Antes que a antena de 305 metros fosse danificada além do reparo, o Observatório de Arecibo abrigava o segundo maior radiotelescópio de antena única. Visual: Christopher Brown / Flickr

Esse desaparecimento deixou astrônomos como James Cordes, da Cornell University, confusos. Cordes estuda objetos estranhos chamados pulsares, núcleos giratórios que permanecem quando estrelas gigantes explodem no final de suas vidas. As sobras, se orientadas da maneira correta, emitem ondas de rádio para a Terra, como faróis muito distantes. Com Arecibo fora da mesa, Cordes – e muitos outros astrônomos que usaram Arecibo para estudar a evolução das estrelas e descobrir galáxias distantes – ficaram com uma opção a menos, e nenhuma opção tão sensível, para fazer seu trabalho.

Até, isto é, o FAST abriu para eles, pela primeira vez desde que sua construção terminou em 2016. Após essa conclusão inicial, cientistas e engenheiros passaram anos comissionando-o e trazendo-o para operação científica plena. Eles o consideraram pronto para propostas de possíveis usuários na China no início do ano passado. “O cronograma era muito apertado e era extremamente difícil deixar tudo pronto para ser aberto ao mundo daquela vez”, escreveu Keping Qiu, professor da Escola de Astronomia e Ciências Espaciais da Universidade de Nanjing, por e-mail para Undark. Qiu lidera o comitê que avaliará as novas ideias e acrescentou: “O grupo FAST trabalhou muito no ano passado e agora o telescópio está dando um passo à frente” ao se abrir para o mundo.

Se as ideias dos pesquisadores internacionais forem aprovadas, eles ocuparão aproximadamente 10% do tempo do telescópio, com os 90% restantes indo para cientistas chineses. “Esperamos que o FAST não apenas tome o lugar de Arecibo no apoio aos astrônomos fazendo boa ciência em áreas de pesquisa relevantes”, disse Qiu, “mas também faça descobertas e abra novas janelas para a pesquisa em radioastronomia.”
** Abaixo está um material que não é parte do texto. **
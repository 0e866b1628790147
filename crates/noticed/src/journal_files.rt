//! The files of a journal's folder, and that of an outbox.
use crate::fault_note::print_fault_line;
use dsn_journal::{FileDisk, create_file, sync_folder};
use dsn_text::fault_code;
use noticed_lib::JournalFolder;
use std::fs::{File, TryLockError};
use std::io::{Error, ErrorKind, Write};
use std::os::unix::fs::OpenOptionsExt;
use std::{fs, io};

/// The size of the file of a new journal, in bytes.
// Room for some 450,000 requests.
const JOURNAL_SIZE: usize = 67_108_864;

/// The size up to which the file of a journal is lengthened, in MiB, unless it is said.
pub(crate) const MAX_JOURNAL: u32 = 256;

/// The largest such size, in MiB.
pub(crate) const MOST_MAX_JOURNAL: u32 = 4_096;

/// How many bytes are written at once to a file that is lengthened.
const PIECE: usize = 65_536;

/// The size of the file of new marks, in bytes.
const MARKS_SIZE: usize = 65_536;

/// The exit status of a run that couldn't have its journal.
const FAULT: u8 = 1;

/// Opens the journal and the marks of a folder, for this process alone. Makes both if the folder
/// has neither, and the marks if the journal is unwritten.
/// Returns an error of the kind `NotFound`, and makes nothing, if otherwise one is missing: the
/// state of the other is then unknown. Returns one of the kind `WouldBlock` if another process has
/// them.
pub(crate) fn open_folder<'a>(
    rt: &'a HostRuntime,
    folder: &str,
) -> io::Result<JournalFolder<FileDisk<'a>, FileDisk<'a>>> {
    let journal = path_in(rt, folder, "journal")?;
    let marks = path_in(rt, folder, "marks")?;
    make_files(rt, journal.as_str(), marks.as_str())?;
    open_both(rt, journal.as_str(), marks.as_str())
}

/// Opens the files of a journal and of its marks.
fn open_both<'a>(
    rt: &'a HostRuntime,
    journal: &str,
    marks: &str,
) -> io::Result<JournalFolder<FileDisk<'a>, FileDisk<'a>>> {
    Ok(JournalFolder {
        journal: FileDisk::open(rt, journal)?,
        marks: FileDisk::open(rt, marks)?,
    })
}

/// Makes the files of a new journal: first the journal, then its marks. A crash between the two
/// leaves a journal of zeros without marks, which still gets them.
fn make_files(rt: &HostRuntime, journal: &str, marks: &str) -> io::Result<()> {
    let (has_journal, has_marks) = (fs::exists(rt, journal)?, fs::exists(rt, marks)?);
    if has_journal && has_marks {
        return Ok(());
    }
    if has_marks {
        // A new journal would lose all open logs.
        return Err(not_found("the journal is missing, and its marks are there"));
    }
    if !has_journal {
        make_file(rt, journal, JOURNAL_SIZE)?;
    } else if !is_unwritten(rt, journal)? {
        // New marks would send each notice again.
        return Err(not_found("the marks are missing, and their journal is there"));
    }
    make_file(rt, marks, MARKS_SIZE)
}

/// Makes a file of zeros, unless it exists by then.
fn make_file(rt: &HostRuntime, path: &str, size: usize) -> io::Result<()> {
    match create_file(rt, path, size) {
        Err(error) if error.kind() == ErrorKind::AlreadyExists => Ok(()),
        made => made,
    }
}

/// Whether a file has only zeros.
fn is_unwritten(rt: &HostRuntime, path: &str) -> io::Result<bool> {
    Ok(fs::read(rt, path)?.iter().all(|byte| *byte == 0))
}

/// Lengthens the file of a journal by zeros, to twice its size and at most to `most` bytes, and
/// syncs it. Returns its new size; `None` if it has that size. After an error it is as long as
/// before, if the system allows it. One of the kind `WouldBlock` says that another process has it.
///
/// A crash leaves a file with some of the zeros, which is the journal that it was.
pub(crate) fn lengthen_journal(rt: &HostRuntime, path: &str, most: u64) -> io::Result<Option<u64>> {
    let file = File::options().append(true).open(rt, path)?;
    match file.try_lock() {
        Ok(()) => {}
        Err(TryLockError::WouldBlock) => return Err(Error::from(ErrorKind::WouldBlock)),
        Err(TryLockError::Error(error)) => return Err(error),
    }
    let size = file.metadata()?.len();
    let longer = size.saturating_mul(2).min(most);
    if longer <= size {
        return Ok(None);
    }
    if let Err(error) = write_zeros(&file, longer - size) {
        // A disk that is full has its room back.
        let _ = file.set_len(size);
        return Err(error);
    }
    Ok(Some(longer))
}

/// Appends this number of zeros to a file, and syncs it. So the disk has room for what is written in
/// their place.
fn write_zeros(file: &File, count: u64) -> io::Result<()> {
    let zeros = [0; PIECE];
    let mut writer = file;
    for _ in 0..count / PIECE as u64 {
        writer.write_all(&zeros)?;
    }
    let rest = usize::try_from(count % PIECE as u64)
        .unwrap_or(0)
        .min(PIECE);
    writer.write_all(&zeros[..rest])?;
    file.sync_all()
}

/// The error if one of two files is missing.
fn not_found(words: &str) -> io::Error {
    Error::new(ErrorKind::NotFound, words)
}

/// The path of the file of this name.
pub(crate) fn path_in(rt: &HostRuntime, folder: &str, name: &str) -> io::Result<String> {
    Ok(format!(in rt.alloc(); "{folder}/{name}")?)
}

/// Opens the file of an outbox. Makes it if it doesn't exist, for its owner alone. Syncs its name.
/// Returns an error of the kind `AlreadyExists` if the file isn't empty. An earlier run may have
/// been cut off within a letter, and text behind that would be read as a part of the letter.
pub(crate) fn open_outbox(rt: &HostRuntime, path: &str) -> io::Result<File> {
    let file = File::options()
        .append(true)
        .create(true)
        .mode(0o600)
        .open(rt, path)?;
    if file.metadata()?.len() > 0 {
        // It is neither appended to nor cut to its last whole notice: a daemon doesn't know what
        // others do with it.
        return Err(Error::from(ErrorKind::AlreadyExists));
    }
    sync_folder(rt, path)?;
    Ok(file)
}

/// Prints that a file of a journal isn't available, and the system's error. Returns the status.
pub(crate) fn print_journal_fault(rt: &HostRuntime, path: &str, error: &io::Error) -> u8 {
    print_fault(rt, fault_code::JOURNAL_FAILED, path, error)
}

/// Prints that the outbox isn't available, and the system's error. Returns the status.
pub(crate) fn print_outbox_fault(rt: &HostRuntime, path: &str, error: &io::Error) -> u8 {
    print_fault(rt, fault_code::OUTBOX_WRITE, path, error)
}

/// Prints a fault of a path.
fn print_fault(rt: &HostRuntime, code: u32, path: &str, error: &io::Error) -> u8 {
    print_fault_line(rt, code);
    let _ = eprintln!(rt; "{path}: {error}");
    FAULT
}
Danos ao radiotelescópio de Arecibo em agosto de 2020, quando um cabo de aço se partiu. Vários meses depois, outra falha estrutural destruiu o prato. Visual: UCF / Observatório de Arecibo

Essa nova abertura reflete a maneira como muitos grandes observatórios ao redor do mundo trabalham, nos quais uma política de Céus Abertos permite que qualquer pessoa de qualquer lugar compita pela observação do tempo. Ele também reflete os esforços mais amplos da China para hospedar instalações de classe mundial que os pesquisadores estrangeiros invejam – uma extensão da força global. Mas as tensões e suspeitas científicas atualmente são altas entre os EUA e a China: pesquisadores americanos enfrentam censura crescente por tirar dinheiro não revelado da China, os EUA temem que seu rival gostaria de roubar propriedade intelectual e existem restrições concretas para certos cientistas espaciais que gostam de trabalhar além dessas fronteiras específicas. A lei federal atual nos EUA, por exemplo, limita severamente a NASA e seus cientistas de trabalhar em projetos com a China e seus cientistas. A colaboração, ao que parece, raramente vem sem complicações.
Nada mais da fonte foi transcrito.